A TOML config file lets you persist frequently used options as defaults.

- macOS / Linux: `~/.config/transcriber/config.toml`
- Windows: `%AppData%/transcriber/config.toml`

```sh
# Generate a sample config
transcriber config init

# Validate the current config
transcriber config validate
```

Precedence: CLI flags > environment variables > config file > built-in defaults

API keys should be kept in environment variables. The CLI does not store, log, or embed API keys in any output. The `--postprocess` option sends transcript text (not audio) to the OpenAI API for correction; this is the only case where transcript content leaves the local machine after the initial transcription call.

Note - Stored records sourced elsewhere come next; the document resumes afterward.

fn refill_at<T: Copy>(parts: &mut Vec<Part<T>>, number: usize, pattern: Vec<T>, times: usize)
    requires number { number < length parts.old.items }
    requires some { 0 < length pattern.items }
    requires whole { (part : Part T) → slice_get parts.old.items number ≡ Some part → times * length pattern.items ≡ length part.stretch }
    ensures { ChangesTo parts.old.items number parts.new.items (λ part. repeated times pattern.items ++ part.after.items) }
{
    refill_in(&mut parts[number], pattern, times);
}

// Where a pattern so many times has as many items as the whole stretch at a place, it is there now; else nothing changes.
fn refill_stretch<T: Copy>(
    count: usize,
    flat: &Vec<T>,
    parts: &mut Vec<Part<T>>,
    from: usize,
    pattern: Vec<T>,
    times: usize,
) -> bool
    requires counted { AreCounted count flat.now.items parts.old.items }
    requires within { from < count }
    requires behind { length flat.now.items ≤ from }
    requires some { 0 < length pattern.items }
    ensures done { result ≡ true → Done count flat.now.items parts.new.items (replaced (all_items flat.now.items parts.old.items) from (repeated times pattern.items)) }
    ensures same { result ≡ false → parts.new.items ≡ parts.old.items }
{
    let (number, place) = placed(count, flat, parts, from);
    if place != 0 {
        return false;
    }
    let each = size_of(&pattern);
    let Some(size) = times.checked_mul(each) else {
        return false;
    };
    let whole = has_stretch(parts, number, size);
    if whole {
        refill_at(parts, number, pattern, times);
        true
    } else {
        false
    }
}

fn pattern_at<T: Copy>(parts: &Vec<Part<T>>, number: usize) -> Option<(&[T], usize)>
    requires { number < length parts.now.items }
    ensures { (part : Part T) → slice_get parts.now.items number ≡ Some part → IfSome result (λ p. repeated p.1 p.0.now ≡ part.stretch) }
{
    parts[number].stretch.pattern()
}

// The pattern of a whole stretch, and how often it comes.
fn pattern_behind<'a, T: Copy>(
    count: usize,
    flat: &Vec<T>,
    parts: &'a Vec<Part<T>>,
    from: usize,
    size: usize,
) -> Option<(&'a [T], usize)>
    requires counted { AreCounted count flat.now.items parts.now.items }
    requires within { from < count }
    requires behind { length flat.now.items ≤ from }
    ensures { IfSome result (λ p. repeated p.1 p.0.now ≡ take size (drop from (all_items flat.now.items parts.now.items))) }
{
    let (number, place) = placed(count, flat, parts, from);
    if place != 0 {
        return None;
    }
    let whole = has_stretch(parts, number, size);
    if whole {
        pattern_at(parts, number)
    } else {
        None
    }
}

// One item after another.
#[inline(never)]
fn set_each<T: Copy>(items: &mut Sequence<T>, from: usize, count: usize, value: T)
    requires within { from + count ≤ length items.old }
    requires few { from + count ≤ 2199023255552 }
    ensures { items.new ≡ filled items.old from count value }
{
    for i in 0..count {
        items.set(from + i, value);
    }
}

// The first items alone.
fn cut_behind<T: Copy>(count: usize, flat: &mut Vec<T>, parts: &mut Vec<Part<T>>, size: usize)
    requires counted { AreCounted count flat.old.items parts.old.items }
    requires less { size < count }
    ensures { Done size flat.new.items parts.new.items (take size (all_items flat.old.items parts.old.items)) }
{
    let kept = parts_before(parts, size);
    parts.truncate(kept);
    if kept == 0 {
        cut_items(flat, size);
    } else {
        let start = start_at(parts, kept - 1);
        cut_at(parts, kept - 1, size.saturating_sub(start));
    }
}

// Whether so many items from a place on are plain.
#[inline]
fn is_plain<T>(flat: &Vec<T>, from: usize, count: usize) -> bool
    ensures { result ≡ true → from + count ≤ length flat.now.items }
{
    let plain = flat.len();
    from <= plain && count <= plain - from
}

#[inline]
fn are_plain<T>(flat: &Vec<T>, from: usize, to: usize, count: usize) -> bool
    ensures { result ≡ true → (from + count ≤ length flat.now.items) × (to + count ≤ length flat.now.items) }
{
    is_plain(flat, from, count) && is_plain(flat, to, count)
}

#[inline]
fn plain_run<T>(flat: &Vec<T>, from: usize, count: usize) -> &[T]
    requires { from + count ≤ length flat.now.items }
    ensures { result.now ≡ take count (drop from flat.now.items) }
{
    &flat[from..from + count]
}

// Writes items over plain ones, from a place on.
#[inline]
fn write_over<T: Copy>(items: &mut Vec<T>, at: usize, more: &[T])
    requires { at + length more.now ≤ length items.old.items }
    ensures { items.new.items ≡ overwritten items.old.items at more.now }
{
    for i in 0..more.len() {
        items[at + i] = more[i];
    }
}

// The same one by one, wherever they stand.
#[inline(never)]
fn set_all<T: Copy>(items: &mut Sequence<T>, at: usize, more: &[T])
    requires within { at + length more.now ≤ length items.old }
    requires few { at + length more.now ≤ 2199023255552 }
    ensures { items.new ≡ overwritten items.old at more.now }
{
    for i in 0..more.len() {
        items.set(at + i, more[i]);
    }
}

// Copies plain items to a place before theirs.
#[inline]
fn copy_down<T: Copy>(items: &mut Vec<T>, from: usize, to: usize, count: usize)
    requires down { to ≤ from }
    requires within { from + count ≤ length items.old.items }
    ensures { items.new.items ≡ overwritten items.old.items to (take count (drop from items.old.items)) }
{
    for i in 0..count {
        items[to + i] = items[from + i];
    }
}

// Copies plain items to a place after theirs.
#[inline]
fn copy_up<T: Copy>(items: &mut Vec<T>, from: usize, to: usize, count: usize)
    requires up { from < to }
    requires within { to + count ≤ length items.old.items }
    ensures { items.new.items ≡ overwritten items.old.items to (take count (drop from items.old.items)) }
{
    for i in (0..count).rev() {
        items[to + i] = items[from + i];
    }
}

#[inline]
fn copy_over<T: Copy>(items: &mut Vec<T>, from: usize, to: usize, count: usize)
    requires from { from + count ≤ length items.old.items }
    requires to { to + count ≤ length items.old.items }
    ensures { items.new.items ≡ overwritten items.old.items to (take count (drop from items.old.items)) }
{
    if to <= from {
        copy_down(items, from, to, count);
    } else {
        copy_up(items, from, to, count);
    }
}

// Copies items one by one to a place before theirs, wherever they stand.
fn set_down<T: Copy>(items: &mut Sequence<T>, from: usize, to: usize, count: usize)
    requires down { to ≤ from }
    requires within { from + count ≤ length items.old }
    requires few { from + count ≤ 2199023255552 }
    ensures { items.new ≡ overwritten items.old to (take count (drop from items.old)) }
{
    for i in 0..count {
        let item = items.get(from + i);
        items.set(to + i, item);
    }
}

// The same to a place after theirs.
fn set_up<T: Copy>(items: &mut Sequence<T>, from: usize, to: usize, count: usize)
    requires up { from < to }
    requires within { to + count ≤ length items.old }
    requires few { to + count ≤ 2199023255552 }
    ensures { items.new ≡ overwritten items.old to (take count (drop from items.old)) }
{
    for i in (0..count).rev() {
        let item = items.get(from + i);
        items.set(to + i, item);
    }
}

#[inline(never)]
fn copy_each<T: Copy>(items: &mut Sequence<T>, from: usize, to: usize, count: usize)
    requires from { from + count ≤ length items.old }
    requires to { to + count ≤ length items.old }
    requires few_from { from + count ≤ 2199023255552 }
    requires few_to { to + count ≤ 2199023255552 }
    ensures { items.new ≡ overwritten items.old to (take count (drop from items.old)) }
{
    if to <= from {
        set_down(items, from, to, count);
    } else {
        set_up(items, from, to, count);
    }
}
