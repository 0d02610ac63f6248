use std::test::Fail;

// Told by a row that lacks a part. It is never found, so that no such row passes.
const LACKING: &str = "the row lacks a part";

/// The two parts of a row, around an arrow.
pub fn pair<'a>(row: &'a str, arrow: &str) -> (&'a str, &'a str) {
    match row.split_once(arrow) {
        Some(parts) => parts,
        None => (row, LACKING),
    }
}

/// The two parts of a row before an arrow, with a mark between them, and the one behind it.
pub fn triple<'a>(row: &'a str, mark: &str, arrow: &str) -> (&'a str, &'a str, &'a str) {
    let (given, told) = pair(row, arrow);
    match given.split_once(mark) {
        Some((first, second)) => (first, second, told),
        None => (given, "", LACKING),
    }
}

/// The three parts of a row before an arrow, with marks between them, and the one behind it.
pub fn quadruple<'a>(
    row: &'a str,
    mark: &str,
    arrow: &str,
) -> (&'a str, &'a str, &'a str, &'a str) {
    let (first, rest, told) = triple(row, mark, arrow);
    match rest.split_once(mark) {
        Some((second, third)) => (first, second, third, told),
        None => (first, rest, "", LACKING),
    }
}

/// Whether a text begins with a word, and what is behind it.
pub fn without<'a>(text: &'a str, word: &str) -> (bool, &'a str) {
    match text.strip_prefix(word) {
        Some(rest) => (true, rest),
        None => (false, text),
    }
}

/// An answer in words.
pub fn yes_or_no(so: bool) -> &'static str {
    if so { "yes" } else { "no" }
}

/// The one assertion of tables.
pub fn expect(row: &str, found: &str, told: &str) -> Result<(), Fail> {
    if found == told {
        Ok(())
    } else {
        Err(Fail::new(format_args!("{row}: {found}")))
    }
}
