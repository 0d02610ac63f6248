//! What a reader expects of the names of a file's typed unit. The program calls none of these functions.
ghost use Rattle.cr_meaning_references.specs.Told.Laws as laws;

/// Each name finds a declaration before it, which declares an ordinary identifier.
pub fn names_are_found()
    ensures { laws.NamesAreFound }
{}

/// Each tag finds one that is declared.
pub fn tags_are_found()
    ensures { laws.TagsAreFound }
{}

/// So little is asked still of what names are.
pub fn all_are_found()
    ensures { laws.AllAreFound }
{}

/// Each constant has a value.
pub fn constants_have_values()
    ensures { laws.ConstantsHaveValues }
{}
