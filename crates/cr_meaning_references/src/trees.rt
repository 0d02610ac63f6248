//! What a reader expects of the tree of a file's unit. The program calls none of these functions.
ghost use Rattle.cr_meaning_references.specs.Trees.Laws as laws;

/// A tree has the shape that the grammar gives it: its declarations have their parts in order.
pub fn trees_are_shaped()
    ensures { laws.TreesAreShaped }
{}

/// What stands around a node is what the node above it gives its parts.
pub fn trees_are_surrounded()
    ensures { laws.TreesAreSurrounded }
{}

/// What its names and tags find is declared, and its constants have values.
pub fn trees_are_sighted()
    ensures { laws.TreesAreSighted }
{}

See [docs/config.md](docs/config.md) for the full reference.

## Commands

| Command | Description |
|---------|-------------|
| `transcriber transcribe ` | Run transcription |
| `transcriber probe ` | Inspect input and return the execution plan |
| `transcriber doctor` | Check environment (API key, dependencies) |
| `transcriber version` | Print version metadata |
| `transcriber config init` | Print a sample config |
| `transcriber config validate` | Validate config and dictionary |

Run `transcriber --help` for the full flag reference of each command.

## Documentation

- [docs/contracts.md](docs/contracts.md) — Public contracts for GUI and automation integrations
- [docs/config.md](docs/config.md) — Full config reference for operators and advanced users
- [docs/limitations.md](docs/limitations.md) — Known constraints and tradeoffs for maintainers and adopters

## Development

```sh
make build # build
make test # test
make ci # lint + test + vet
make hooks # enable Git hooks (once)
```

### Integration Tests

Tests that call the real API are not run by `go test ./...`.

```sh
OPENAI_API_KEY=... go test ./internal/provider/openai ./internal/postprocess -run Integration -count=1
```

## Packaging

Build a local binary:

```sh
make build
```

Build a versioned release archive plus `checksums.txt`:

```sh
make package VERSION=v0.3.0
```

Build a cross-target release archive:

```sh
make release-archive VERSION=v0.3.0 GOOS=darwin GOARCH=arm64
```

Packaging notes:

- macOS and Linux archives are produced as `.tar.gz`
- Windows archives are produced as `.zip` and contain `transcriber_..._windows_amd64.exe`

## License

This project is licensed under the MIT License. See [LICENSE](LICENSE).